Comment 16 Michael Marley 2024-08-01 17:57:26 UTC
I've done quite a bit more testing and I have made some interesting and hopefully-relevant findings.  After determining that raising the safetyMargin to 15003ms eliminated most of the frame drops, I then attempted to restore the latency configuration that was removed in https://invent.kde.org/plasma/kwin/-/merge_requests/4408 with an additional default option "Automatic" to use the current behavior.  I did that successfully (including proving that the expectedCompositingTime values were actually getting set as intended).  However, I found that had absolutely no effect on the frame drops, so I further modified it to set an expectedCompositingTime so high that it would effectively force it to start rendering the next as soon as the previous had been displayed.  That also had no effect.

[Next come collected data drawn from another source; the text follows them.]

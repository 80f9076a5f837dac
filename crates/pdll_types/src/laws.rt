//! What acceptance promises of patterns. Each law is a call that does nothing and promises it.

ghost use Rattle.pdll_types.specs.Laws.{AcceptedFilesAreDetermined, AcceptedFilesHaveNoFault};

/// In the patterns of an accepted file all is determined by the root, and no list of types has two ranges.
pub fn accepted_files_are_determined()
    ensures { AcceptedFilesAreDetermined }
{}

/// An accepted file has no first fault.
pub fn accepted_files_have_no_fault()
    ensures { AcceptedFilesHaveNoFault }
{}
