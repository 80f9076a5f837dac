//! What a declaration says to those that call it.

use crate::kind::Kind;
use sqlite_items::Items;

/// What is declared.
#[derive(Clone, Copy)]
pub enum Sort {
    Pattern,
    Constraint,
    Rewrite,
}

/// What a declaration says to those that call it.
#[derive(Drop)]
pub struct Signature {
    pub sort: Sort,
    /// The kinds of its parameters. One is missing only where the declaration is refused.
    pub params: Items<Option<Kind>>,
    /// The kind of a call of it. A pattern can't be called.
    pub gives: Option<Kind>,
}
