//! Pattern files that are accepted.

ghost use Rattle.std.specs.Prelude.{◌≡◌};
ghost use Rattle.pdll_types.specs.Accepted.{IsAccepted, expression_kinds, root_numbers};

use crate::kind::KindList;
use pdll_syntax::file::PatFile;
use sqlite_items::Items;

/// Numbers of expressions.
pub type IdList = Items<usize>;

/// A pattern file that is accepted, with the kinds of its expressions and its roots.
#[derive(Drop)]
pub struct Typed {
    pub file: PatFile,
    /// The kinds of the file's expressions, ordered by their first token, and at one token the longer first.
    pub kinds: KindList,
    /// The number among them of the root of each pattern.
    pub roots: IdList,
    pub ghost accepted: { ∥ IsAccepted file ∥₁ },
    pub ghost own_kinds: { kinds ≡ expression_kinds file },
    pub ghost own_roots: { roots ≡ root_numbers file },
}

I then realized that safetyMargin is also used in drm_commit_thread.cpp independently of its use in renderloop.cpp.  Upon determining that, I changed renderloop.cpp to hardcode an addition of 1500us instead of using safetyMargin and then set the safetyMargin to 15003us again.  This has very similar or the same behavior to the previous test where I only set safetyMargin to 15003us without hardcoding the old value in renderloop.cpp, indicating that the framedrops I am seeing are causing by something in drm_commit_thread.cpp.  I'm not well-versed enough with the code to understand the implications of that, however.
Comment 17 Michael Marley 2024-08-01 18:09:50 UTC
(When I said 15003ms, I actually meant 15003us, sorry.)
Comment 18 Michael Marley 2024-08-01 19:29:07 UTC
I just made a startling discovery.  The kwin packaging for Debian/Ubuntu (which I had been using all along) doesn't set CAP_SYS_NICE on kwin_wayland, so the attempt to set a higher priority for the input and output threads was of course failing.  Setting CAP_SYS_NICE manually alone makes a minor difference, but when combined with increasing the safetyMargin to 3000us, it almost entirely stops the frame dropping.

I know one of the maintainers, so I'm going to ask him why CAP_SYS_NICE isn't set.
Comment 19 Zamundaaa 2024-08-02 13:14:56 UTC
Okay, that's good. I mean, it's not good that you need a safety margin of 3ms, but I think it's possible to detect that with some generic code in KWin.